Meteor bits found near RyggeA bus driver from Ås, south of Oslo, was sitting in the outhouse at his holiday cabin near Rygge when he heard an enormous blast. Right after that, some particles from a meteor that exploded over the Oslo area rained down just outside.
By Rolf L Larsen
By Rolf L Larsen
Martinsen's last few days of summer holiday at his cabin turned out to be much more eventful than he'd ever imagined.
He said he didn't think too much about the surprising blast at first, dismissing it as probably coming from an exercise at a nearby military air station at Rygge. But he said the blast and the rumbling it caused was terrible.
It was 10:20am on Friday. Finished with his business in the outhouse, he said he was just hooking the door when he heard a new noise, a whistling sort of sound, followed by a new bang on some aluminum plates lying near the outhouse.

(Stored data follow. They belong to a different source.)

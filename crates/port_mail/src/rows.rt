//! The whole mail of a row.
ghost use Rattle.std.specs.Prelude.{◌≡◌, not};
ghost use Rattle.port_model.specs.Tasks.{TaskView};
ghost use Rattle.port_model.specs.declared.row.Row.TheVariants.{Late, Resumed};
ghost use Rattle.port_links.specs.port_history.Opening.{Opening, Taken};
ghost use Rattle.port_links.specs.port_history.State.{State, is_open};
ghost use Rattle.port_links.specs.port_history.Mail.{handled_mail, row_mail};
ghost use Rattle.port_mail.specs.Ends.{Puts};
ghost use Rattle.port_mail.specs.Rows.{IsRowOf};

use crate::{
    Closing, HandledRow, Links, Mail, Mailboxes, NoMemory, Origin, Resumption, Sender, Signal,
};
use std::sync::Wait;

impl Mailboxes {
    /// Puts the mail of a handled row, in this order: the data of its effects, the answer, the exit signals and what the monitors are
    /// told, and `closed`.
    pub fn post_row<R: Wait>(
        &mut self,
        rt: &R,
        links: &Links,
        row: HandledRow<'_>,
    ) -> Result<(), NoMemory>
        ensures { (opening : Opening) (s : State) (t : Taken) → IsRowOf row.entry.handling row.entry.effects.now row.entry.signal.now row.entry.closing opening s t
            → Puts result links.now.ties.ended self.old self.new (handled_mail opening s t) }
    {
        let HandledRow {
            handling,
            effects,
            signal,
            closing,
        } = row;
        let Closing {
            posts,
            stops,
            closer,
        } = closing;
        self.post_effects(rt, links, handling.port, handling.owner, effects)?;
        self.post_answer(rt, links, handling, effects, signal)?;
        self.post_all(rt, links, posts)?;
        self.post_closed(rt, links, handling.port, stops, closer)
    }

    /// Puts the mail of a late row.
    pub fn post_late_row<R: Wait>(
        &mut self,
        rt: &R,
        links: &Links,
        origin: Origin,
        signal: &Signal,
    ) -> Result<(), NoMemory>
        ensures { (opening : Opening) (s : State) (task : TaskView) → opening.number ≡ origin.port → task.signal ≡ signal.now
            → Puts result links.now.ties.ended self.old self.new (row_mail opening s (Late origin.from origin.seq task)) }
    {
        match origin.from {
            Sender::Process(process) => self.post_late(rt, links, process, origin, signal),
            Sender::Poller | Sender::Worker(_) | Sender::Timer => Ok(()),
        }
    }

    /// Puts the mail of the row by which a suspended process is resumed.
    pub fn post_resume<R: Wait>(
        &mut self,
        rt: &R,
        links: &Links,
        resumption: Resumption,
    ) -> Result<(), NoMemory>
        ensures { (opening : Opening) (s : State) → opening.number ≡ resumption.port → resumption.closed ≡ not (is_open s)
            → Puts result links.now.ties.ended self.old self.new (row_mail opening s (Resumed (Sender.Process resumption.process) resumption.seq resumption.word)) }
    {
        let Resumption {
            port,
            process,
            seq,
            word,
            closed,
        } = resumption;
        let mail = Mail::Resume {
            port,
            seq,
            word,
            closed,
        };
        self.post(rt, links, process, mail)
    }
}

Sure enough, it was particles from a meteor that exploded somewhere over the Oslo Fjord area on Friday morning. But Martinsen wasn't aware of the blast at the time. When he eventually mentioned his unusual experience in the outhouse to some family members, his brother-in-law recalled seeing a story about the blast in Aftenposten and put it all together.
So Martinsen called astronomer Knut Jørgen Røed Ødegaard at the University of Oslo's institute of theoretical astrophysics and Morten Bilet of the Norwegian Astronomical Society on Sunday. They quickly made the trip to Martinsen's cabin.
Once there they could confirm Martinsen's remarkable discovery of meteorite particles on his property. "This is Norway's 14th meteorite, but we've never heard about a meteorite landing so close to a person before," said Bilet.
Martinsen is just glad he didn't get hit on the head. Bilet and Røed Ødegaard said it was a stone meteorite, a so-called kondritt, that Martinsen found near the dented aluminum plates. It was magnetic and stems from the earth's own solar system.
Twelve of the 13 meteorites already found in Norway are exhibited in Oslo's Museum of Natural History. Martinsen and his family let the two astronomers take the meteorite stones with them to the museum.
"There can still be hundreds of pieces from this meteor lying around here," said Røed Ødegaard. "But it will be difficult find a story like this one."